29. A pharmaceutical composition for the treatment of gastrointestinal inflammation in a subject, comprising:

a pharmaceutical carrier; and

30. The composition of claim 29, wherein the gastrointestinal inflammation is inflammatory bowel disease.

31. The composition of claim 30, wherein the inflammatory bowel disease is Crohn's disease, ulcerative colitis, indeterminate colitis, infectious colitis or combinations thereof.

32. The composition of claim 29, wherein the one or more polyphenolic compounds comprise pinoresinol, oleocanthal, hydrotyrosol, tyrosol, secoiridoids, lignans, gallic acid, resveratrol, hydroxytirosol, deacetoxy-ligstroside aglycone, p-HPEA-EDA, 3,4-DHPEA-EA, p-HPEA-EA or mixtures thereof.

33. The composition of claim 29, wherein the one or more polyphenolic compounds comprises between 100 nM and 20 mM of each of pinoresinol, oleocanthal or a mixture thereof.
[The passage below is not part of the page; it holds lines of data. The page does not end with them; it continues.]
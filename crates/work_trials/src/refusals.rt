// What a turn and a taking refuse, alone and several at once: which comes first.
use crate::works::{Call, DECIDED, ROOM, SIZE, blank_book, says};
use books::Entry;
use counting::Counter;
use histories::Verdict;
use keeping::{Engine, Keeping};
use samples::{ACCEPTED, ANY_START, NO_ROOM, OFF_START, OPEN, SWAP, Said, TWO};
use search::Search;
use solver::{Capacity, Solver};
use std::alloc::Global;
use std::test::Fail;
use work::{Work, open};

// Whether a verdict was given, how many places are handed in, whether the used entry is blank, whether the solver has too
// little room, the call, and what is said. The work has four places.
type Row = (bool, usize, bool, bool, Call, Said);

// The used entry is against its rule.
const RULES: Said = Err((3, 44, 0));

// Lists with a fault: past the end, a relay too high, a relay again.
const CUT: Call = Call::Take(&[1, 3, 9]);

const HIGH: Call = Call::Take(&[1, 3, 1, 4]);

const AGAIN: Call = Call::Take(&[2, 2, 3]);

const TAKE: Call = Call::Take(&[1, 3]);

const ROWS: &[Row] = &[
    // a verdict was given
    (true, 4, false, false, Call::Turn, DECIDED),
    (true, 4, false, false, TAKE, DECIDED),
    (true, 4, false, false, Call::Take(&[]), DECIDED),
    (true, 4, false, false, CUT, DECIDED),
    (true, 5, false, false, Call::Turn, DECIDED),
    (true, 3, false, false, TAKE, DECIDED),
    (true, 4, true, false, Call::Turn, DECIDED),
    (true, 4, true, false, TAKE, DECIDED),
    (true, 4, false, true, Call::Turn, DECIDED),
    (true, 4, false, true, TAKE, DECIDED),
    (true, 0, true, true, Call::Turn, DECIDED),
    (true, 0, true, true, CUT, DECIDED),
    // a book of another size
    (false, 3, false, false, Call::Turn, SIZE),
    (false, 5, false, false, Call::Turn, SIZE),
    (false, 0, false, false, Call::Turn, SIZE),
    (false, 1, false, false, Call::Turn, SIZE),
    (false, 3, false, false, TAKE, SIZE),
    (false, 5, false, false, TAKE, SIZE),
    (false, 5, false, false, CUT, SIZE),
    (false, 3, true, false, Call::Turn, SIZE),
    (false, 5, true, false, TAKE, SIZE),
    (false, 5, false, true, Call::Turn, SIZE),
    (false, 3, false, true, TAKE, SIZE),
    (false, 5, true, true, Call::Turn, SIZE),
    (false, 3, true, true, HIGH, SIZE),
    // an entry against its rule
    (false, 4, true, false, Call::Turn, RULES),
    (false, 4, true, false, TAKE, RULES),
    (false, 4, true, false, AGAIN, RULES),
    (false, 4, true, true, Call::Turn, RULES),
    (false, 4, true, true, TAKE, RULES),
    (false, 4, true, true, CUT, RULES),
    // too little room
    (false, 4, false, true, Call::Turn, NO_ROOM),
    (false, 4, false, true, TAKE, NO_ROOM),
    (false, 4, false, true, Call::Take(&[]), NO_ROOM),
    (false, 4, false, true, CUT, NO_ROOM),
    (false, 4, false, true, HIGH, NO_ROOM),
    // a list with a fault
    (false, 4, false, false, CUT, Err((1, 17, 2))),
    (false, 4, false, false, HIGH, Err((1, 18, 3))),
    (false, 4, false, false, AGAIN, Err((1, 19, 2))),
    (
        false,
        4,
        false,
        false,
        Call::Take(&[1, 0x43]),
        Err((1, 18, 1)),
    ),
    // none of these
    (false, 4, false, false, Call::Turn, ACCEPTED),
    (false, 4, false, false, TAKE, ACCEPTED),
    (false, 4, false, false, Call::Take(&[1, 0]), ACCEPTED),
    (false, 4, false, false, Call::Take(&[]), ACCEPTED),
];

// One clause fewer, and one literal fewer, than TWO needs with four places: seven clauses of eleven literals, four entries, one
// clause more and 512 candidates, each of two literals.
const FEW_CLAUSES: Capacity = Capacity {
    clauses: 523,
    literals: 9000,
};

const FEW_LITERALS: Capacity = Capacity {
    clauses: 9000,
    literals: 1044,
};

// Whether the call says what the row says, of a work on TWO that has taken that relay 1 is off.
fn refuses<S: Solver>(
    heap: Global,
    solver: &mut S,
    small: &mut S,
    work: &mut Work,
    row: &Row,
) -> Option<bool> {
    let (decided, size, blank, scarce, call, expected) = *row;
    let mut book = [Entry::blank(); 5];
    work.take(solver, &mut book[..4], &[1, 3]).ok()?;
    if decided {
        work.turn(solver, &mut book[..4]).ok()?;
    }
    if blank {
        book[0] = Entry::blank();
    }
    let handed = &mut book[..size.min(5)];
    let asked = if scarce { small } else { solver };
    Some(says(heap, work, asked, handed, call, expected))
}

// The same, from opening to closing.
fn opened_refuses<S: Solver>(
    heap: Global,
    solver: &mut S,
    small: &mut S,
    row: &Row,
) -> Option<bool> {
    let mut work = open(heap, &TWO, solver, 4).ok()?;
    let right = refuses(heap, solver, small, &mut work, row);
    work.close().put_away();
    right
}

// Cases, how many turns are accepted, and the verdict then. Two calls more are refused.
type Deciding = (&'static [u8], usize, Verdict);

const VERDICT_ROWS: &[Deciding] = &[
    (&TWO, 2, Verdict::Holds),
    (&SWAP, 1, Verdict::Holds),
    (&OPEN, 2, Verdict::BrokenByEntry),
    (OFF_START, 1, Verdict::BrokenByEntry),
    (ANY_START, 0, Verdict::BrokenAt(1)),
];

// Whether the work that was opened comes to the verdict, and then refuses.
fn decides<S: Solver>(heap: Global, solver: &mut S, row: &Deciding) -> Option<bool> {
    let (bytes, turns, verdict) = *row;
    let mut book = blank_book(heap, 4).ok()?;
    let mut work = open(heap, bytes, solver, 4).ok()?;
    let book = book.as_mut_slice();
    let mut turned = true;
    for _ in 0..turns {
        turned = turned
            && work.look().verdict == Verdict::Undecided
            && work.turn(solver, book).is_ok();
    }
    let right = turned
        && work.look().verdict == verdict
        && says(heap, &mut work, solver, book, Call::Turn, DECIDED)
        && says(heap, &mut work, solver, book, TAKE, DECIDED);
    work.close().put_away();
    Some(right)
}

// The first row of each table that says otherwise, where the solver with too little room has this.
fn first_wrong<E: Engine>(
    heap: Global,
    few: Capacity,
) -> Result<(Option<usize>, Option<usize>), Fail> {
    let mut solver = Keeping::<E>::new(heap, ROOM)?;
    let mut small = Keeping::<E>::new(heap, few)?;
    let saying = ROWS.iter().position(|row| opened_refuses(heap, &mut solver, &mut small, row)
        != Some(true));
    let deciding = VERDICT_ROWS
        .iter()
        .position(|row| decides(heap, &mut solver, row) != Some(true));
    Ok((saying, deciding))
}

#[test]
fn counting_refuses(rt: HostRuntime) -> Result<(), Fail> {
    let heap = rt.alloc();
    assert_eq!(rt; first_wrong::<Counter>(heap, FEW_CLAUSES)?, (None, None));
    assert_eq!(rt; first_wrong::<Counter>(heap, FEW_LITERALS)?, (None, None));
    Ok(())
}

#[test]
fn propagating_refuses(rt: HostRuntime) -> Result<(), Fail> {
    let heap = rt.alloc();
    assert_eq!(rt; first_wrong::<Search>(heap, FEW_CLAUSES)?, (None, None));
    assert_eq!(rt; first_wrong::<Search>(heap, FEW_LITERALS)?, (None, None));
    Ok(())
}
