// The room that opening needs, and as many places as there may be.
use crate::works::{Call, NO_PLACE, blank_book, says};
use counting::Counter;
use histories::Verdict;
use keeping::{Engine, Keeping};
use samples::{ACCEPTED, MOST_RELAYS, NO_ROOM, SWAP, Said, TOO_MANY_RELAYS, TWO, held, said};
use search::Search;
use solver::{Capacity, Solver};
use std::alloc::Global;
use work::open;

// The bytes of the case, the places, the clauses and literals that fit, and what opening says.
type Row = (&'static [u8], usize, usize, usize, Said);

// More places than there may be.
const TOO_MANY: Said = Err((3, 32, 0));

const ROWS: &[Row] = &[
    // 7 clauses of 11 literals in the lists; places, one clause and 512 candidates, of 2 literals each
    (&TWO, 4, 524, 1045, ACCEPTED),
    (&TWO, 4, 523, 1045, NO_ROOM),
    (&TWO, 4, 524, 1044, NO_ROOM),
    (&TWO, 4, 523, 5000, NO_ROOM),
    (&TWO, 4, 5000, 1044, NO_ROOM),
    (&TWO, 4, 0, 0, NO_ROOM),
    (&TWO, 5, 524, 1045, NO_ROOM),
    (&TWO, 3, 524, 1045, ACCEPTED),
    (&TWO, 0, 520, 1037, ACCEPTED),
    (&TWO, 0, 519, 1037, NO_ROOM),
    (&TWO, 0, 520, 1036, NO_ROOM),
    // no clause in the lists, and 32 literals each
    (MOST_RELAYS, 1, 514, 16448, ACCEPTED),
    (MOST_RELAYS, 1, 514, 16447, NO_ROOM),
    (MOST_RELAYS, 1, 513, 16448, NO_ROOM),
    // as many places as there may be; one more comes before too little room
    (&SWAP, 8192, 8711, 17420, ACCEPTED),
    (&SWAP, 8192, 8710, 17420, NO_ROOM),
    (&SWAP, 8193, 9000, 20000, TOO_MANY),
    (&SWAP, 8193, 0, 0, TOO_MANY),
    (&SWAP, 0xffff_ffff_ffff_ffff, 8711, 17420, TOO_MANY),
    // what reading the case refuses comes before either
    (TOO_MANY_RELAYS, 8193, 0, 0, Err((2, 12, 0))),
    (&[], 0, 0, 0, Err((2, 11, 0))),
];

// Whether opening with the row's room says what the row says, and the solver, which holds the empty clause where that fits, then
// holds nothing, or where it is refused what it held.
fn opens<E: Engine>(heap: Global, row: &Row) -> Option<bool> {
    let (bytes, places, clauses, literals, expected) = *row;
    let mut solver = Keeping::<E>::new(heap, Capacity { clauses, literals }).ok()?;
    let _ = solver.add(&[]);
    let before = held(&solver);
    let answer = said(open(heap, bytes, &mut solver, places).map(|work| work.close().put_away()));
    let after = if answer.is_ok() { (0, 0) } else { before };
    Some(answer == expected && held(&solver) == after)
}

// Just the room for SWAP with as many places as there may be, and with 512.
const LARGEST: Capacity = Capacity {
    clauses: 8711,
    literals: 17420,
};

const FULL: Capacity = Capacity {
    clauses: 1031,
    literals: 2060,
};

// Whether a taking of two candidates and a turn are accepted in the largest book, and the case then holds.
fn holds_in_largest<E: Engine>(heap: Global) -> Option<bool> {
    let mut solver = Keeping::<E>::new(heap, LARGEST).ok()?;
    let mut book = blank_book(heap, 8192).ok()?;
    let mut work = open(heap, &SWAP, &mut solver, 8192).ok()?;
    let book = book.as_mut_slice();
    let both = Call::Take(&[1, 1, 1, 3]);
    let right = says(heap, &mut work, &mut solver, book, both, ACCEPTED)
        && says(heap, &mut work, &mut solver, book, Call::Turn, ACCEPTED);
    let look = work.look();
    work.close().put_away();
    Some(right && look.verdict == Verdict::Holds && look.used == 2 && held(&solver) == (6, 10))
}

// 512 times that relay 0 or relay 1 is off.
fn wide_candidates(heap: Global) -> Option<Vec<u8>> {
    let mut bytes = Vec::new(heap);
    for _ in 0..512 {
        bytes.extend_from_slice(&[2, 1, 3]).ok()?;
    }
    Some(bytes)
}

// Whether a book of 512 places is filled by one taking, another as long is refused for want of a place, and a turn holds.
fn holds_in_full<E: Engine>(heap: Global) -> Option<bool> {
    let mut solver = Keeping::<E>::new(heap, FULL).ok()?;
    let listed = wide_candidates(heap)?;
    let mut book = blank_book(heap, 512).ok()?;
    let mut work = open(heap, &SWAP, &mut solver, 512).ok()?;
    let book = book.as_mut_slice();
    let first = said(work.take(&mut solver, book, listed.as_slice()));
    let second = said(work.take(&mut solver, book, listed.as_slice()));
    let right = first == ACCEPTED
        && second == NO_PLACE
        && says(heap, &mut work, &mut solver, book, Call::Turn, ACCEPTED);
    let look = work.look();
    work.close().put_away();
    Some(
        right && look.verdict == Verdict::Holds && look.used == 512 && held(&solver) == (516, 1032),
    )
}

// The first row that opens otherwise, and whether both large books hold.
fn opened<E: Engine>(heap: Global) -> (Option<usize>, Option<bool>, Option<bool>) {
    let wrong = ROWS
        .iter()
        .position(|row| opens::<E>(heap, row) != Some(true));
    (wrong, holds_in_largest::<E>(heap), holds_in_full::<E>(heap))
}

#[test]
fn counting_opens(rt: HostRuntime) {
    assert_eq!(rt;
        opened::<Counter>(rt.alloc()),
        (None, Some(true), Some(true))
    );
}

#[test]
fn propagating_opens(rt: HostRuntime) {
    assert_eq!(rt;
        opened::<Search>(rt.alloc()),
        (None, Some(true), Some(true))
    );
}
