// Cases that are judged at once: what judging gives, the entries that are used, and the run that is read out.
use crate::works::{ROOM, Written, blank_book, entry_of};
use books::{Entry, Kind};
use counting::Counter;
use faults::WorkFault;
use histories::Verdict;
use keeping::{Engine, Keeping};
use samples::{
    ANY_START, MOST_RELAYS, OFF_START, OPEN, Refused, SWAP, TOO_MANY_RELAYS, TWO, WIDE, refused,
};
use search::Search;
use solver::Solver;
use std::alloc::Global;
use std::test::Fail;
use work::{Closed, Judged, judge};

// Verdict, used places, places, and how the last turn was refused; or how opening was refused.
type Given = Result<(Verdict, usize, usize, Option<Refused>), Refused>;

// The used entries and the run.
type Read = (&'static [Written], &'static [u32]);

// The bytes of the case, the places, what is given, and what may be read, where the solver is free to find one or another.
type Row = (&'static [u8], usize, Given, &'static [Read]);

const NO_PLACE: Option<Refused> = Some((3, 43, 0));

const NOTHING: &[Read] = &[(&[], &[])];

// The one relay of OFF_START, on and off at the start: there is no initial state. The safety clause is never true.
const NO_START: &[u8] = &[
    1, 0, 0, 0, 2, 0, 0, 0, 1, 0, 18, 0, 22, 0, 22, 0, 23, 0, //
    1, 0, 1, 1, //
    0,
];

// No clause at all, over one relay.
const ONE_RELAY: &[u8] = &[1, 0, 0, 0, 0, 0, 0, 0, 0, 0, 18, 0, 18, 0, 18, 0, 18, 0];

// Relay 1 is off.
const FOUND: &[Read] = &[(&[(Kind::Found, 2, 0, 0)], &[])];

// From relay 1 on, relay 0 comes on, and relay 1 may go off or stay.
const SUBGOAL: &[Read] = &[
    (&[(Kind::Subgoal, 2, 1, 0)], &[]),
    (&[(Kind::Subgoal, 2, 3, 0)], &[]),
];

const BROKEN: &[Read] = &[
    (
        &[(Kind::Subgoal, 2, 1, 0), (Kind::Subgoal, 0, 2, 256)],
        &[0, 2, 1],
    ),
    (
        &[(Kind::Subgoal, 2, 3, 0), (Kind::Subgoal, 0, 2, 256)],
        &[0, 2, 3],
    ),
];

const ROWS: &[Row] = &[
    (&TWO, 4, Ok((Verdict::Holds, 1, 4, None)), FOUND),
    (&TWO, 1, Ok((Verdict::Holds, 1, 1, None)), FOUND),
    (&TWO, 0, Ok((Verdict::Undecided, 0, 0, NO_PLACE)), NOTHING),
    (&OPEN, 4, Ok((Verdict::BrokenByEntry, 2, 4, None)), BROKEN),
    (&OPEN, 2, Ok((Verdict::BrokenByEntry, 2, 2, None)), BROKEN),
    (&OPEN, 1, Ok((Verdict::Undecided, 1, 1, NO_PLACE)), SUBGOAL),
    (&OPEN, 0, Ok((Verdict::Undecided, 0, 0, NO_PLACE)), NOTHING),
    // an empty safety list holds at the first turn, and needs no place
    (&SWAP, 4, Ok((Verdict::Holds, 0, 4, None)), NOTHING),
    (&SWAP, 0, Ok((Verdict::Holds, 0, 0, None)), NOTHING),
    (ONE_RELAY, 0, Ok((Verdict::Holds, 0, 0, None)), NOTHING),
    (MOST_RELAYS, 1, Ok((Verdict::Holds, 0, 1, None)), NOTHING),
    (TOO_MANY_RELAYS, 1, Err((2, 12, 0)), &[]),
    // an initial state is broken: found at opening
    (
        ANY_START,
        4,
        Ok((Verdict::BrokenAt(1), 0, 4, None)),
        &[(&[], &[1])],
    ),
    (
        ANY_START,
        0,
        Ok((Verdict::BrokenAt(1), 0, 0, None)),
        &[(&[], &[1])],
    ),
    // the first subgoal is initial
    (
        OFF_START,
        1,
        Ok((Verdict::BrokenByEntry, 1, 1, None)),
        &[(&[(Kind::Subgoal, 0, 1, 0)], &[0, 1])],
    ),
    (
        OFF_START,
        0,
        Ok((Verdict::Undecided, 0, 0, NO_PLACE)),
        NOTHING,
    ),
    // no state is initial, and none is consistent
    (NO_START, 0, Ok((Verdict::Holds, 0, 0, None)), NOTHING),
];

// Relay 31 is off.
const WIDE_FOUND: &[Read] = &[(&[(Kind::Found, 0x8000_0000, 0, 0)], &[])];

// What the solver that goes through all valuations takes too long for.
const WIDE_ROWS: &[Row] = &[
    (WIDE, 4, Ok((Verdict::Holds, 1, 4, None)), WIDE_FOUND),
    (WIDE, 1, Ok((Verdict::Holds, 1, 1, None)), WIDE_FOUND),
    (WIDE, 0, Ok((Verdict::Undecided, 0, 0, NO_PLACE)), NOTHING),
];

// Whether the used entries are these, and no entry is read after them.
fn has_entries(closed: &Closed, book: &[Entry], entries: &[Written]) -> bool {
    let count = entries.len();
    entries.iter().enumerate().all(|(number, written)| closed.entry(book, number)
        == Ok(entry_of(*written)))
        && closed.entry(book, count) == Err(WorkFault::NoSuchEntry(count))
}

// Whether the states of the run are these. After the last none is read; there is no run where the verdict is not broken.
fn has_run(closed: &Closed, book: &[Entry], run: &[u32]) -> bool {
    let count = run.len();
    let end = if count == 0 {
        WorkFault::NotBroken
    } else {
        WorkFault::NoSuchState(count)
    };
    run.iter()
        .enumerate()
        .all(|(number, state)| closed.state(book, number) == Ok(*state))
        && closed.state(book, count) == Err(end)
}

// Whether judging gives what the row says, and one of what may be read.
fn gives<S: Solver>(heap: Global, solver: &mut S, row: &Row) -> bool {
    let (bytes, places, given, reads) = *row;
    let Ok(mut book) = blank_book(heap, places) else {
        return false;
    };
    match judge(heap, bytes, solver, book.as_mut_slice()) {
        Err(fault) => given == Err(refused(&fault)),
        Ok(
            Judged {
                closed,
                refused: last,
            },
        ) => {
            let look = closed.look();
            let last = last.map(|fault| refused(&fault));
            let read = reads.iter().any(|(entries, run)| {
                has_entries(&closed, book.as_slice(), entries)
                    && has_run(&closed, book.as_slice(), run)
            });
            closed.put_away();
            read && given == Ok((look.verdict, look.used, look.places, last))
        }
    }
}

// The first of the rows that is judged otherwise.
fn first_wrong<E: Engine>(heap: Global, rows: &[Row]) -> Result<Option<usize>, Fail> {
    let mut solver = Keeping::<E>::new(heap, ROOM)?;
    for (number, row) in rows.iter().enumerate() {
        if !gives(heap, &mut solver, row) {
            return Ok(Some(number));
        }
    }
    Ok(None)
}

#[test]
fn counting_judges(rt: HostRuntime) -> Result<(), Fail> {
    assert_eq!(rt; first_wrong::<Counter>(rt.alloc(), ROWS)?, None);
    Ok(())
}

#[test]
fn propagating_judges(rt: HostRuntime) -> Result<(), Fail> {
    assert_eq!(rt; first_wrong::<Search>(rt.alloc(), ROWS)?, None);
    assert_eq!(rt; first_wrong::<Search>(rt.alloc(), WIDE_ROWS)?, None);
    Ok(())
}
34. The composition of claim 29, wherein the one or more olives comprise a virgin olive oil.

35. The composition of claim 29, wherein the one or more polyphenolic compounds affects cell proliferation by modifying apoptosis, induction of cell cycle arrest, decrease in cell proliferation, or a combination thereof.

36. A method for treating gastrointestinal inflammation in a subject, comprising the step of:

administering a pharmaceutical effective amount of a polyphenolic composition to the subject to treat gastrointestinal inflammation, wherein the polyphenolic composition comprises one or more polyphenolic compounds extracted from one or more Olea europaea Caiazzana olives and affects abnormal cell proliferation in the subject.

37. The method of claim 36, wherein the gastrointestinal inflammation is inflammatory bowel disease.

38. The method of claim 37, wherein the inflammatory bowel disease is Crohn's disease, ulcerative colitis, indeterminate colitis, infectious colitis or combinations thereof.

39. A dietary supplement for the treatment or prevention of gastrointestinal inflammation in a subject, comprising:

a pharmaceutical carrier; and

an pharmaceutical effective amount of one or more polyphenolic compounds extracted from one or more Olea europaea Caiazzana olives.